Developing cost-effective and high-performance oxygen evolution reaction (OER) electrocatalysts has become the intense research on pursuing emerging renewable energy conversion, in which exploring and investigating the intrinsic nature of efficient and stable CuCo spinel catalysts toward OER in alkaline media is highly desirable. Herein, Cu_1−xCo_2+xO₄ oxy-spinel nanoflakes are fabricated by a facile hydrothermal method with the oxidation of ammonia water. In the same condition, Cu_1−x-Co_2+xS₄ thio-spinel nanospheres are formed without oxidation. In OER process, the as-obtained Cu_1−xCo_2+xO₄ nanoflakes and Cu_1−xCo_2+xS₄ nanospheres possess the anodic overpotential of 267 and 297 mV in alkaline media to drive the current density of 10 mA/cm², respectively, outperforming the state-of-the-art noble metal catalyst of RuO₂. X-ray photoelectron spectroscopy analysis exhibits the higher ratio value of Co(III)/Co(II) in Cu_1−xCo_2+xO₄ than that in Cu_1−xCo_2+xS₄, suggesting that the strongly-electronegative oxygen efficiently predominates in regulating valence states of Co active sites in spinel structures.

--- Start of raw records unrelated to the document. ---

//! Calls that read a strip of the file's second interval, which is damaged after five MCUs, transform it, and publish it.

ghost use Rattle.std.specs.Prelude.{◌≡◌, ◌<◌, IfSome, length};

use crate::caller::Caller;
use jr_wall::{CodedStrip, Strip, StripCells, StripReader, StripSight};
use std::sync::Arc;

/// Returns whether the first cell contains a strip.
fn sees(cells: &StripCells, sight: &mut StripSight) -> bool
    requires { sight.old.cells ≡ cells.now }
    ensures { sight.new.cells ≡ sight.old.cells }
{
    cells.count() > 0 && cells.look(0, sight).is_some()
}

/// Publishes a strip in the first cell, if it belongs there. `Err` returns it.
fn hang(cells: &StripCells, strip: Arc<Strip>, sight: &mut StripSight) -> Result<(), Arc<Strip>>
    requires { sight.old.cells ≡ cells.now }
    ensures { sight.new.cells ≡ sight.old.cells }
{
    if cells.count() == 0 || strip.number() != cells.number() || strip.first() != 0 {
        return Err(strip);
    }
    cells.hang(0, strip, sight)
}

impl<'a> Caller<'a> {
    fn strips(&self) -> Option<StripReader> {
        match Arc::new(self.alloc, self.interval(1)?) {
            Ok(interval) => Some(StripReader::over(interval)),
            Err(_) => None,
        }
    }

    /// Returns the next strip of a reader, which it hasn't decoded.
    fn next_strip(&self, reader: &mut StripReader) -> Option<CodedStrip> {
        match reader.next(self.alloc, 9) {
            Ok(coded) => coded,
            Err(_) => None,
        }
    }

    /// Reads a strip. A reader whose call is refused returns the strip at the next call.
    pub(crate) fn read_strip(&mut self) -> Option<bool> {
        let mut reader = self.strips()?;
        self.begin();
        let answer = reader.next(self.alloc, 9);
        self.end();
        match answer {
            Ok(coded) => Some(coded.is_some()),
            Err(_) => self.next_strip(&mut reader).is_none().then_some(false),
        }
    }

    fn coded_strip(&self) -> Option<CodedStrip> {
        let mut reader = self.strips()?;
        self.next_strip(&mut reader)
    }

    fn strip(&self) -> Option<Arc<Strip>> {
        match self.coded_strip()?.decode(self.alloc) {
            Ok(strip) => Arc::new(self.alloc, strip).ok(),
            Err(_) => None,
        }
    }

    pub(crate) fn decode_strip(&mut self) -> Option<bool> {
        let coded = self.coded_strip()?;
        self.begin();
        let answer = coded.decode(self.alloc);
        self.end();
        match answer {
            Ok(strip) => Some(strip.mcus() == 5),
            Err(_) => None,
        }
    }

    fn strip_cells(&self) -> Option<StripCells> {
        StripCells::open(self.alloc, &self.interval(1)?, 9).ok()
    }

    pub(crate) fn open_strip_cells(&mut self) -> Option<bool> {
        let interval = self.interval(1)?;
        self.begin();
        let answer = StripCells::open(self.alloc, &interval, 9);
        self.end();
        match answer {
            Ok(cells) => Some((cells.number(), cells.each(), cells.count()) == (1, 9, 2)),
            Err(_) => None,
        }
    }

    pub(crate) fn open_strip_sight(&mut self) -> Option<bool> {
        let cells = self.strip_cells()?;
        self.begin();
        let answer = cells.sight();
        self.end();
        answer.is_ok().then_some(true)
    }

    /// Publishes a strip in the first of these cells, which stays empty if that is refused.
    fn hang_into(&mut self, cells: &StripCells, strip: Arc<Strip>) -> Option<bool> {
        let Ok(mut sight) = cells.sight() else {
            return None;
        };
        self.begin();
        let answer = hang(cells, strip, &mut sight);
        self.end();
        let is_seen = sees(cells, &mut sight);
        match answer {
            Ok(()) => Some(is_seen),
            Err(_) => is_seen.then_some(false),
        }
    }

    pub(crate) fn hang_strip(&mut self) -> Option<bool> {
        let strip = self.strip()?;
        let cells = self.strip_cells()?;
        self.hang_into(&cells, strip)
    }
}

Remarkably, density functional theory simulation further reveals that the increased valence state of Co could accelerate the electron exchange between catalysts and oxygen adsorbates during electrocatalysis, thus contributing to the higher OER activity of Cu_1−xCo_2+xO₄ catalysts. This work provides deep insight regarding the significance of non-metal element (O and S) in CuCo spinel structure catalysts, as well as presents a promising approach to exploit higher performance and grasp the mechanism of various non-noble-metal spinel catalysts for water oxidation.

开发具有成本效益和高性能的氧气析出反应（OER）电催化剂已成为追求新兴可再生能源转化的重点研究，其中迫切需要探索和研究在碱性介质中高效稳定的CuCo尖晶石催化剂对OER的内在本质。 。在此，通过简便的水热法并利用氨水的氧化来制造Cu _{1- x} Co _{2+ x} O ₄氧-尖晶石型纳米薄片。在相同条件下，形成Cu _{1- x} -Co _{2+ x} S ₄硫代-尖晶石纳米球而没有氧化。在OER过程中，获得的Cu ₁ - _x Co_{2+ x} O ₄纳米薄片和Cu _{1- x} Co _{2+ x} S ₄纳米球在碱性介质中具有267和297 mV的阳极超电势，分别驱动10 mA / cm ²的电流密度，性能优于RuO ₂的最新贵金属催化剂。X射线光电子能谱分析显示，Cu _{1- x} Co _{2+ x} O _4中的Co（III）/ Co（II）比值比Cu _{1- x} Co _{2+ x} S _{4中的高。}，表明强负电氧有效地调节了尖晶石结构中Co活性位的价态。值得注意的是，密度泛函理论模拟进一步揭示了Co价态的增加可以加速电催化过程中催化剂与氧吸附物之间的电子交换，从而有助于提高Cu _{1- x} Co _{2+ x} O ₄催化剂的OER活性。这项工作为CuCo尖晶石结构催化剂中非金属元素（O和S）的重要性提供了深刻的见解，并提出了一种有前途的方法，以开发更高的性能并掌握各种非贵金属尖晶石催化剂用于水的机理。氧化。